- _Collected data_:

######

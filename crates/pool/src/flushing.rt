//! One frame of a flush.

ghost use Rattle.std.specs.Prelude.{◌≡◌, false, length, if◌then◌else◌};
ghost use Rattle.rows.specs.Rows.{Stands};
ghost use Rattle.machine.specs.Entry.{one};
ghost use Rattle.machine.specs.Borrow as rules;
ghost use Rattle.ring.specs.Model.{machine_of};
ghost use Rattle.stores.specs.Parts.{part_of};
ghost use Rattle.promise.specs.Serves.{sent_out};
ghost use Rattle.pool.specs.Moving.{HasPart, TakesFrom};

use crate::moving::write_page;
use crate::state::Pool;
use chains::Cell;
use keys::{FrameNo, Key};
use records::Entry;
use stores::Store;

impl Pool {
    // Writes the page in a frame to the store if it was altered, and clears the mark. The answer is how many pages it wrote.
    pub(crate) fn flush_frame<K: Key + Copy, S: Store<K>>(
        &mut self,
        frames: &[u8],
        cells: &mut [Cell<Entry<K>>],
        store: &mut S,
        frame: FrameNo,
    ) -> u32
        requires part { HasPart (S.Store.meant store.old).size frame.0 (length frames.now) }
        requires stands { Stands cells.old self.old.ring.table }
        requires takes { TakesFrom (rules.occupant frame.0 (machine_of K.Key.meaning cells.old self.old.ring)) (S.Store.meant store.old) }
        ensures stands { Stands cells.new self.new.ring.table }
        ensures written { result ≡ one (rules.altered_at (rules.occupant frame.0 (machine_of K.Key.meaning cells.old self.old.ring))) }
        ensures marks { machine_of K.Key.meaning cells.new self.new.ring ≡ (if rules.altered_at (rules.occupant frame.0 (machine_of K.Key.meaning cells.old self.old.ring)) then rules.mark_page frame.0 false (machine_of K.Key.meaning cells.old self.old.ring) else machine_of K.Key.meaning cells.old self.old.ring) }
        ensures store { S.Store.meant store.new ≡ sent_out (part_of (S.Store.meant store.old).size frames.now frame.0) (rules.occupant frame.0 (machine_of K.Key.meaning cells.old self.old.ring)) (S.Store.meant store.old) }
        ensures number { self.new.number ≡ self.old.number }
        ensures count { self.new.frames ≡ self.old.frames }
    {
        let Some(
            Entry {
                key,
                altered: true,
                ..
            },
        ) = self.ring.occupant(cells, frame)
        else {
            return 0;
        };
        write_page(frames, store, frame, &key);
        self.ring.mark_page(cells, frame, false);
        1
    }
}
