/// The view of a node that isn't an alias.
#[tactic(auto, unfolding(crate::specs::Nodes::is_again))]
fn view_of_own(symbol: &[u8], nodes: &Nodes, node: node::Node) -> NodeView
    requires table { IsTable (over symbol.now nodes.now) }
    requires own { is_again node ≡ false }
    requires node { IsBelow symbol.now (length nodes.now.thunks) (length nodes.now.nodes) node }
    ensures { IsSeen (over symbol.now nodes.now) node result }
{
    let none = [0; 2];
    match node {
        // Generated by tools/trees.py. An alias of a tree has no node here: that tree is shown in its place.
        node::Node::Absent => leaf(ABSENT, 0),
        node::Node::Nil => leaf(NIL, 0),
        node::Node::Function {
            name,
            qualifiers,
            mark,
            returned,
            parameters,
            ..
        } => seen(
            FUNCTION,
            [qualifiers.number() as u64, mark.number() as u64],
            [NO_TEXT; 2],
            3,
            [name, returned, parameters],
        ),
        node::Node::Object {
            name,
            qualifiers,
            mark,
        } => one(
            OBJECT,
            [qualifiers.number() as u64, mark.number() as u64],
            NO_TEXT,
            name,
        ),
        node::Node::Special { letter, ty } => one(SPECIAL, [letter as u64, 0], NO_TEXT, ty),
        node::Node::Thunk { thunk, encoding } => {
            view_of_thunk(symbol, nodes, nodes.thunk(thunk), encoding)
        }
        node::Node::OfName {
            letter,
            name,
            qualifiers,
            mark,
        } => view_of_special_name(symbol, nodes, letter, name, qualifiers, mark),
        node::Node::Construction {
            derived,
            digits,
            parent,
        } => two(CONSTRUCTION, none, digits, derived, parent),
        node::Node::CloneOf { letter, encoding } => {
            one(CLONE, [letter as u64, 0], NO_TEXT, encoding)
        }
        node::Node::Alone(piece) => view_of_name(symbol, nodes, ALONE, None, piece),
        node::Node::InStd(piece) => view_of_name(symbol, nodes, IN_STD, None, piece),
        node::Node::Within { prefix, piece } => {
            view_of_name(symbol, nodes, NESTED, Some(prefix), piece)
        }
        node::Node::Instance {
            template,
            arguments,
        } => two(INSTANCE, none, NO_TEXT, template, arguments),
        node::Node::Local {
            encoding,
            entity,
            discriminator,
        } => view_of_local(symbol, nodes, encoding, entity, discriminator),
        node::Node::Holder(name) => one(HOLDER, none, NO_TEXT, name),
        node::Node::Tagged {
            of_structor,
            name,
            tag,
        } => one(TAGGED, [bit(of_structor) as u64, 0], tag, name),
        node::Node::OfDefault { digits, entity } => one(OF_DEFAULT, none, digits, entity),
        node::Node::Abbreviation(letter) => leaf(ABBREVIATION, letter as u64),
        node::Node::Parameter { number, .. } => leaf(PARAMETER, number as u64),
        node::Node::Declaring { heads, parameters } => {
            two(DECLARING, none, NO_TEXT, heads, parameters)
        }
        node::Node::Builtin(letter) => leaf(BUILTIN, letter as u64),
        node::Node::BuiltinWithD(letter) => leaf(BUILTIN_WITH_D, letter as u64),
        node::Node::SizedFloat { digits, end } => {
            seen(SIZED_FLOAT, [end as u64, 0], [digits, NO_TEXT], 0, [0; 3])
        }
        node::Node::Constrained { letter, concept } => {
            one(CONSTRAINED, [letter as u64, 0], NO_TEXT, concept)
        }
        node::Node::Vendor(name) => seen(VENDOR, none, [name, NO_TEXT], 0, [0; 3]),
        node::Node::Pointer(ty) => one(POINTER, none, NO_TEXT, ty),
        node::Node::Lvalue(ty) => one(LVALUE, none, NO_TEXT, ty),
        node::Node::Rvalue(ty) => one(RVALUE, none, NO_TEXT, ty),
        node::Node::Array { digits, element } => one(ARRAY, none, digits, element),
        node::Node::Bounded { bound, element } => two(BOUNDED, none, NO_TEXT, bound, element),
        node::Node::MemberPointer { class, member } => {
            two(MEMBER_POINTER, none, NO_TEXT, class, member)
        }
        node::Node::FunctionType {
            c_linkage,
            noexcept,
            mark,
            returned,
            parameters,
        } => two(
            FUNCTION_TYPE,
            [linkage_number(c_linkage, noexcept), mark.number() as u64],
            NO_TEXT,
            returned,
            parameters,
        ),
        node::Node::Qualified { qualifiers, ty } => {
            one(QUALIFIED, [qualifiers.number() as u64, 0], NO_TEXT, ty)
        }
        node::Node::Vector { digits, element } => one(VECTOR, none, digits, element),
        node::Node::Complex(ty) => one(COMPLEX, none, NO_TEXT, ty),
        node::Node::Decltype(expression) => one(DECLTYPE, none, NO_TEXT, expression),
        node::Node::Expansion(pattern) => one(EXPANSION, none, NO_TEXT, pattern),
        node::Node::Integer { ty, value } => {
            one(INTEGER, [bit(value.negative) as u64, 0], value.digits, ty)
        }
        node::Node::Boolean(truth) => leaf(BOOLEAN, bit(truth) as u64),
        node::Node::NullPointer => leaf(NULL_POINTER, 0),
        node::Node::EncodingLiteral(encoding) => one(ENCODING_LITERAL, none, NO_TEXT, encoding),
        node::Node::AddressOf(encoding) => one(ADDRESS_OF, none, NO_TEXT, encoding),
        node::Node::Operation {
            first,
            second,
            left,
            right,
        } => two(
            OPERATION,
            [first as u64, second as u64],
            NO_TEXT,
            left,
            right,
        ),
        node::Node::FunctionParameter(digits) => {
            seen(FUNCTION_PARAMETER, none, [digits, NO_TEXT], 0, [0; 3])
        }
        node::Node::Pack(elements) => one(PACK, none, NO_TEXT, elements),
        node::Node::Cell { first, rest } => two(LIST, none, NO_TEXT, first, rest),
        node::Node::Whole { encoding, suffix } => one(SYMBOL, none, suffix, encoding),
        node::Node::Reargued { .. } => leaf(ABSENT, 0),
    }
}
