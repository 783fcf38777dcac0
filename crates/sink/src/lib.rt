// One place where words go: each is stored in a room, if it fits there, and compared with a list.
#![tactic(auto)]

ghost use Rattle.std.specs.Prelude.{[], ◌∷◌, ◌≡◌, ◌+◌, ◌<◌, ◌≤◌, ◌^◌, set};
ghost use Rattle.event_list.specs.Events.{action};
ghost use Rattle.event_list.specs.Words.{action_words};
ghost use Rattle.event_list.specs.Sends.{Sends};
ghost use Rattle.sink.specs.Sinks.{SendsTo};

// The list edition whose actions have a job.
const WITH_JOBS: u32 = 2;

// How far words were sent: the next place, and whether all so far are the list's.
#[derive(Clone, Copy)]
pub struct Sent {
    pub at: usize,
    pub same: bool,
}

// Stores a word; past the room's end nothing is stored.
pub fn put_at(room: &mut [u32], at: usize, w: u32)
    ensures { room.new ≡ set room.old at w }
{
    if room.len() <= at {
        return;
    }
    room[at] = w;
}

// Sends a word. By value, so that a row of words is stored into the sink once.
fn send_word(list: &[u32], room: &mut [u32], o: Sent, w: u32) -> Sent
    requires { o.at < 2 ^ 60 }
    ensures { Sends list.now room.old room.new o.at o.same result.at result.same (w ∷ []) }
{
    let at = o.at;
    put_at(room, at, w);
    let x = words::word_at(list, at);
    Sent {
        at: at + 1,
        same: o.same & (x == w),
    }
}

// Where words are sent: the list that they are compared with, the room that they are stored in, and how far they were sent.
#[derive(Drop)]
pub struct Sink<'a> {
    pub list: &'a [u32],
    pub room: &'a mut [u32],
    pub sent: Sent,
}

impl Sink<'_> {
    // Sends a word.
    pub fn send(&mut self, w: u32)
        requires { self.old.sent.at < 2 ^ 60 }
        ensures { SendsTo self.old self.new (w ∷ []) }
    {
        self.sent = send_word(self.list, self.room, self.sent, w);
    }

    // Sends an action: three words, and its job behind them in edition 2. Edition and kind are numbers, since they are words of a list.
    pub fn send_action(&mut self, edition: u32, line: u32, value: u32, kind: u32, job: u32)
        requires { self.old.sent.at < 2 ^ 59 }
        ensures { SendsTo self.old self.new (action_words edition (action line value kind job)) × (self.new.sent.at ≤ self.old.sent.at + 4) }
    {
        // read once: a store to the room might change them, for all that the compiler knows
        let list = self.list;
        let room = &mut *self.room;
        let a = send_word(list, room, self.sent, line);
        let b = send_word(list, room, a, value);
        let c = send_word(list, room, b, kind);
        if edition == WITH_JOBS {
            self.sent = send_word(list, room, c, job);
            return;
        }
        self.sent = c;
    }
}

######

- _What needs to be done_: Starting at the first line of the records above, please copy every line exactly through the line containing "result ≡ one", and stop there.

- _Result below_:
filename crates/pool/src/flushing.rt
//! One frame of a flush.

ghost use Rattle.std.specs.Prelude.{◌≡◌, false, length, if◌then◌else◌};
ghost use Rattle.rows.specs.Rows.{Stands};
ghost use Rattle.machine.specs.Entry.{one};
ghost use Rattle.machine.specs.Borrow as rules;
ghost use Rattle.ring.specs.Model.{machine_of};
ghost use Rattle.stores.specs.Parts.{part_of};
ghost use Rattle.promise.specs.Serves.{sent_out};
ghost use Rattle.pool.specs.Moving.{HasPart, TakesFrom};

use crate::moving::write_page;
use crate::state::Pool;
use chains::Cell;
use keys::{FrameNo, Key};
use records::Entry;
use stores::Store;

impl Pool {
    // Writes the page in a frame to the store if it was altered, and clears the mark. The answer is how many pages it wrote.
    pub(crate) fn flush_frame<K: Key + Copy, S: Store<K>>(
        &mut self,
        frames: &[u8],
        cells: &mut [Cell<Entry<K>>],
        store: &mut S,
        frame: FrameNo,
    ) -> u32
        requires part { HasPart (S.Store.meant store.old).size frame.0 (length frames.now) }
        requires stands { Stands cells.old self.old.ring.table }
        requires takes { TakesFrom (rules.occupant frame.0 (machine_of K.Key.meaning cells.old self.old.ring)) (S.Store.meant store.old) }
        ensures stands { Stands cells.new self.new.ring.table }
        ensures written { result ≡ one (rules.altered_at (rules.occupant frame.0 (machine_of K.Key.meaning cells.old self.old.ring))) }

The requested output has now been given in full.